◆ **PROBLEM TO WORK ON**
In the entries below, the word "seats" appears on some lines. Copy each of those lines.

[Stored data entries]
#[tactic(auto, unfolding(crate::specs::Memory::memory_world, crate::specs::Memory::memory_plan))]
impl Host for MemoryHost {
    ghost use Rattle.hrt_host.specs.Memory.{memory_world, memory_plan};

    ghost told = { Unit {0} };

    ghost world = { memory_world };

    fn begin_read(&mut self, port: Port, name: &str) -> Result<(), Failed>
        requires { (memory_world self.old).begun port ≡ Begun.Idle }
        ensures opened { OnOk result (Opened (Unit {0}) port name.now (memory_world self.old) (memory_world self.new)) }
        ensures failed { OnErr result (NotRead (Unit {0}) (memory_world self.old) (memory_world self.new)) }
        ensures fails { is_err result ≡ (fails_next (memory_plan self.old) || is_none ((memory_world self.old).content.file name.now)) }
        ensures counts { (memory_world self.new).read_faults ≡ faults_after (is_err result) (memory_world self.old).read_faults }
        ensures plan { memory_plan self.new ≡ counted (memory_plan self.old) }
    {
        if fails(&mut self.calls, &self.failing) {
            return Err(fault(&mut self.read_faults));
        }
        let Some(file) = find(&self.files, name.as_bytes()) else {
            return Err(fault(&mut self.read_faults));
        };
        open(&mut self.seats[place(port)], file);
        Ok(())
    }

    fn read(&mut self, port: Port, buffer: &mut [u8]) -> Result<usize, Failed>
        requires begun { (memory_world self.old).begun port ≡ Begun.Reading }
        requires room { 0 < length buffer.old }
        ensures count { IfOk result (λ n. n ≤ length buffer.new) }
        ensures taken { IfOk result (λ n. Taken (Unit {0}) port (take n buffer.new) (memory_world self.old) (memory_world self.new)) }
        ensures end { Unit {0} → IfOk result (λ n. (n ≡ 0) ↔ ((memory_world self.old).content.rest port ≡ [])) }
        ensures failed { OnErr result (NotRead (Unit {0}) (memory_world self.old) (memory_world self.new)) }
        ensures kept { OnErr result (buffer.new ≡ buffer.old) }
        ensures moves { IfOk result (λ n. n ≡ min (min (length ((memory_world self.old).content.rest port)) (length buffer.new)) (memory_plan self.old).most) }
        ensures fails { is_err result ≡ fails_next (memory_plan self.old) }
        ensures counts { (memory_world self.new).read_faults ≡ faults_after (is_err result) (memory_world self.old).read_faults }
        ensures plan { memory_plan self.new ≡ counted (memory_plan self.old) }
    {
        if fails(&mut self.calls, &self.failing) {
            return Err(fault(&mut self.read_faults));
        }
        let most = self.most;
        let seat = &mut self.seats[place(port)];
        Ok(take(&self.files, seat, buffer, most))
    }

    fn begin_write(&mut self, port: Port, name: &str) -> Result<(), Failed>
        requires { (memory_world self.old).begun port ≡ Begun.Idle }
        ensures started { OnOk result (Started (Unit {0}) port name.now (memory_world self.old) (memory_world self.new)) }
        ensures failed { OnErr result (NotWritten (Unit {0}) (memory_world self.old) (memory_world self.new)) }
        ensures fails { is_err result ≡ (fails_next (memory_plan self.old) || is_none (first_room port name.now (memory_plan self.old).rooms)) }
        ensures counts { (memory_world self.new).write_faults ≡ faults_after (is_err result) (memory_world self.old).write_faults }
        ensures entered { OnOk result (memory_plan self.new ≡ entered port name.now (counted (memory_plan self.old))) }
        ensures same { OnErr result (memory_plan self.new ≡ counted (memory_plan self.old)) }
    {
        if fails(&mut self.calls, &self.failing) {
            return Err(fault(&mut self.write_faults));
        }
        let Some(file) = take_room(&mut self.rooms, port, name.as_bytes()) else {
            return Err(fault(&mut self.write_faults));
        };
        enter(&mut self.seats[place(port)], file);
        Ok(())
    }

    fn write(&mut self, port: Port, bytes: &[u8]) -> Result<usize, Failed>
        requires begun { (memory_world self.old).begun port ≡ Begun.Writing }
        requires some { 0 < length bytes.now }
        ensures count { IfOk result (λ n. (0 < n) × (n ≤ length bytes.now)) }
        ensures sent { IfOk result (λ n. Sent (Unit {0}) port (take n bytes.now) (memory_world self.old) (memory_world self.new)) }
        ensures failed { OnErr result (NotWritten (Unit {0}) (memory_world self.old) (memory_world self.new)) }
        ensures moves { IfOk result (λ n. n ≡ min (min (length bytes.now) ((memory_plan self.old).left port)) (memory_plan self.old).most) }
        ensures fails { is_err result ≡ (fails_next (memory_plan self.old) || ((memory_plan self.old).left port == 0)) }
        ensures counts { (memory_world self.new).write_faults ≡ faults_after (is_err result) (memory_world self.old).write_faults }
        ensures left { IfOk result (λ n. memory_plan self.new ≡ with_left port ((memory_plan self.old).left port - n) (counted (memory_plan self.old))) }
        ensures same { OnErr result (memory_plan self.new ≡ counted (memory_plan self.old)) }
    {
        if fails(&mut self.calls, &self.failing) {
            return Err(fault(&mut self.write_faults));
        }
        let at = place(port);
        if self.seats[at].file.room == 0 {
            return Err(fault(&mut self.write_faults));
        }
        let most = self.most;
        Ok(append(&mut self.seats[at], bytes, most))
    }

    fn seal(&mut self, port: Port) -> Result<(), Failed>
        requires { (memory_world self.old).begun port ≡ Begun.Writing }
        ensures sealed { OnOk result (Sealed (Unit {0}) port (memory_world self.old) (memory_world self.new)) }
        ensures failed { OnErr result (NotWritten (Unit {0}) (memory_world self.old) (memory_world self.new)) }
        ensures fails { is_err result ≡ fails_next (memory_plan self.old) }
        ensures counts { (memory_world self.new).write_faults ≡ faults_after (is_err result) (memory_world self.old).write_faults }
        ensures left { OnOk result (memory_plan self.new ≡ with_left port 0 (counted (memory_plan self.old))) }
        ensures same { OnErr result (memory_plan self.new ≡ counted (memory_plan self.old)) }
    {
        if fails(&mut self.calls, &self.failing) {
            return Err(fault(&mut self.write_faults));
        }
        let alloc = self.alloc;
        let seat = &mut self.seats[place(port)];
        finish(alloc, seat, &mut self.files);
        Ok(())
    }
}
...
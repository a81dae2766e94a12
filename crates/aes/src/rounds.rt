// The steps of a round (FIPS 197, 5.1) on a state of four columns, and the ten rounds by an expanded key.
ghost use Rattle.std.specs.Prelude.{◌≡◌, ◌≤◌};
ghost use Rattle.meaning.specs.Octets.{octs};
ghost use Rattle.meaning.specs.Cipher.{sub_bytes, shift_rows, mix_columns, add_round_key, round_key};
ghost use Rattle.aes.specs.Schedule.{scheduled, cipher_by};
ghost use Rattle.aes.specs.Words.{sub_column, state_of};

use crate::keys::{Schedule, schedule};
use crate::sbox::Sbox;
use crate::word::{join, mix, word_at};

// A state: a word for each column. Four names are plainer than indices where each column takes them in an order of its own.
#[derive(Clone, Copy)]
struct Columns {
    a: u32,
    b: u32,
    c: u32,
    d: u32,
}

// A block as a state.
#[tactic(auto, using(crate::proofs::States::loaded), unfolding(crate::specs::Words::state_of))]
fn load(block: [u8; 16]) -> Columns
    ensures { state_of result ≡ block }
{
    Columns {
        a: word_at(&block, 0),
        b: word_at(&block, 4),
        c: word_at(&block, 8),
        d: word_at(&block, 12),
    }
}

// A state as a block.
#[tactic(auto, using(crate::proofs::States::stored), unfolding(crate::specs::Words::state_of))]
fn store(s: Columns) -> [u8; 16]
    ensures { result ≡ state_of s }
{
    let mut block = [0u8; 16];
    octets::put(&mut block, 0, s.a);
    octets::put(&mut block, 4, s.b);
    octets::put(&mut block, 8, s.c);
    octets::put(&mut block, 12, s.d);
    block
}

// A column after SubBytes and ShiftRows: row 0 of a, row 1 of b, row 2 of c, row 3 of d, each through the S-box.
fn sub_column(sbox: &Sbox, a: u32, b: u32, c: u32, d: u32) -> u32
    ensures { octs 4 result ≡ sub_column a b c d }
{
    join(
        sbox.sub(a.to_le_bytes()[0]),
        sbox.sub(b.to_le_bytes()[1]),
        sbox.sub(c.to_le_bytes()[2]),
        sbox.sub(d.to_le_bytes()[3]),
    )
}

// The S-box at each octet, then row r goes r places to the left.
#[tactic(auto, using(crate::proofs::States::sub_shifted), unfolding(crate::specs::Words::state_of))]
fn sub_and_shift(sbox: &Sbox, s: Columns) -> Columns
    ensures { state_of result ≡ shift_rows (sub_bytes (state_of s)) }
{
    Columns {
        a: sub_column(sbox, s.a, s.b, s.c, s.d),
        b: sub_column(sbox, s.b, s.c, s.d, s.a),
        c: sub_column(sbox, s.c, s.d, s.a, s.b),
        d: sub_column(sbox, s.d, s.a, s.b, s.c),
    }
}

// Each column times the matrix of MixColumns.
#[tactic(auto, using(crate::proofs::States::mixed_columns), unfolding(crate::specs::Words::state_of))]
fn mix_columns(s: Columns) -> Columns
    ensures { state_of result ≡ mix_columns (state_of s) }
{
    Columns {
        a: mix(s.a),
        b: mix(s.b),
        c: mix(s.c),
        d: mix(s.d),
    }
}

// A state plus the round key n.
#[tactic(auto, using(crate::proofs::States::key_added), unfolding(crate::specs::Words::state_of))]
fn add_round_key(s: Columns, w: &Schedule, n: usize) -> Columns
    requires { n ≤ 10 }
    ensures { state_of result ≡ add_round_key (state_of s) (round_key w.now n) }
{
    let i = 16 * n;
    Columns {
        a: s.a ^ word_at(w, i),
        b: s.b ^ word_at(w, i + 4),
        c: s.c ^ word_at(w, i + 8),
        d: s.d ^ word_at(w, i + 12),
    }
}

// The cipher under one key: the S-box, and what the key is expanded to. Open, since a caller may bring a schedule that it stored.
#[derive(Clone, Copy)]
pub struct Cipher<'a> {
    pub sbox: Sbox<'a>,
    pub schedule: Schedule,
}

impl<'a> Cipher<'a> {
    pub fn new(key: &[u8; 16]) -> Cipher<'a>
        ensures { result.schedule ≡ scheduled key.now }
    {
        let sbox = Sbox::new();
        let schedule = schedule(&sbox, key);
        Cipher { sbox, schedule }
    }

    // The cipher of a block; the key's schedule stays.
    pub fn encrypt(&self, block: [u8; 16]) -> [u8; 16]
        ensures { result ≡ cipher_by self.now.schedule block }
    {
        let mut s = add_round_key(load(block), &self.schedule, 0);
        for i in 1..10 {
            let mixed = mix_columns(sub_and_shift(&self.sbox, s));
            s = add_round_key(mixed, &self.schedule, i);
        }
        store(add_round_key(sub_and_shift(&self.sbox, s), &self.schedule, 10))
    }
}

◆ **SOLUTION TO THIS TASK**
        open(&mut self.seats[place(port)], file);
        let seat = &mut self.seats[place(port)];
        enter(&mut self.seats[place(port)], file);
        if self.seats[at].file.room == 0 {
        Ok(append(&mut self.seats[at], bytes, most))
        let seat = &mut self.seats[place(port)];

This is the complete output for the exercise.